Mit 2030 weist sie auf die 2015 verabschiedete globale Bildungsagenda der UNESCO „Bildung 2030“ hin, die unter anderem dazu verpflichtet, den Zugang zu Bildung für alle Kinder und Menschen unabhängig vom Geschlecht und Religion, zu sichern. Im Iran wurde sie nach heftigem Streit zwischen konservativen Institutionen und der Regierung 2017 ad acta gelegt.
Auf Kritik der Hardliner war die in der Agenda geforderte Gleichstellung der Geschlechter gestossen, die laut UNESCO „alle Frauen und Mädchen zur Selbstbestimmung befähigen“ soll. Konservative bewerten dies als Verstoss gegen islamische Normen.
Selbst Irans Präsident Hassan Rouhani äusserte am 27. Mai während einer Kabinettssitzung sein Bedauern über den Mord und verlangte eine schnellere Bearbeitung eines Gesetzentwurfs gegen Gewalt gegen Frauen.

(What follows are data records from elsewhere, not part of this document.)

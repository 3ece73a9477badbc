// The count of the calls on a fake, and of those that fail.
ghost use Rattle.std.specs.Prelude.{◌≡◌, ◌≤◌, ◌↔◌, Contains, IsTrue};
ghost use Rattle.att_base.specs.Faults.{one_more};

use crate::faults::Failed;

// The calls on one object, numbered from 0: which of them fail, which is next, and how many failed.
#[derive(Drop)]
pub struct Calls {
    pub fails: Vec<u64>,
    pub next: u64,
    pub faults: u64,
}

impl Calls {
    // No call yet, and these fail.
    pub fn new(fails: Vec<u64>) -> Calls
        ensures { result ≡ record { fails = fails; next = 0; faults = 0 } }
    {
        Calls {
            fails,
            next: 0,
            faults: 0,
        }
    }

    // Counts the next call, and says whether it is one that fails.
    pub fn begin(&mut self) -> bool
        ensures listed { IsTrue result ↔ Contains self.old.fails.items self.old.next }
        ensures counted { self.new ≡ record self.old { next = one_more self.old.next } }
    {
        let listed = self.fails.contains(&self.next);
        self.next = self.next.saturating_add(1);
        listed
    }

    // Counts a fault.
    pub fn fail(&mut self) -> Failed
        ensures counted { self.new ≡ record self.old { faults = one_more self.old.faults } }
        ensures later { self.old.faults ≤ self.new.faults }
    {
        self.faults = self.faults.saturating_add(1);
        Failed
    }
}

Der Entwurf wurde bereits vor knapp acht Jahren von der Regierung aufgesetzt. Nach langer Auseinandersetzung schickte ihn die Justiz im vergangenen September zwecks Verbesserung an die Regierung zurück. Danach muss er noch vom Parlament verabschiedet und vom Wächterrat ratifiziert werden.
Auch der iranische Vizejustizminister Mahmoud Abbasi äusserte sich zu dem Mord und kritisierte den Vater, „der noch im Mittelalter lebt und seine Tochter als sein Eigentum betrachtet“. Abbasi verlangte „eine harte Strafe für das schreckliche Verbrechen“.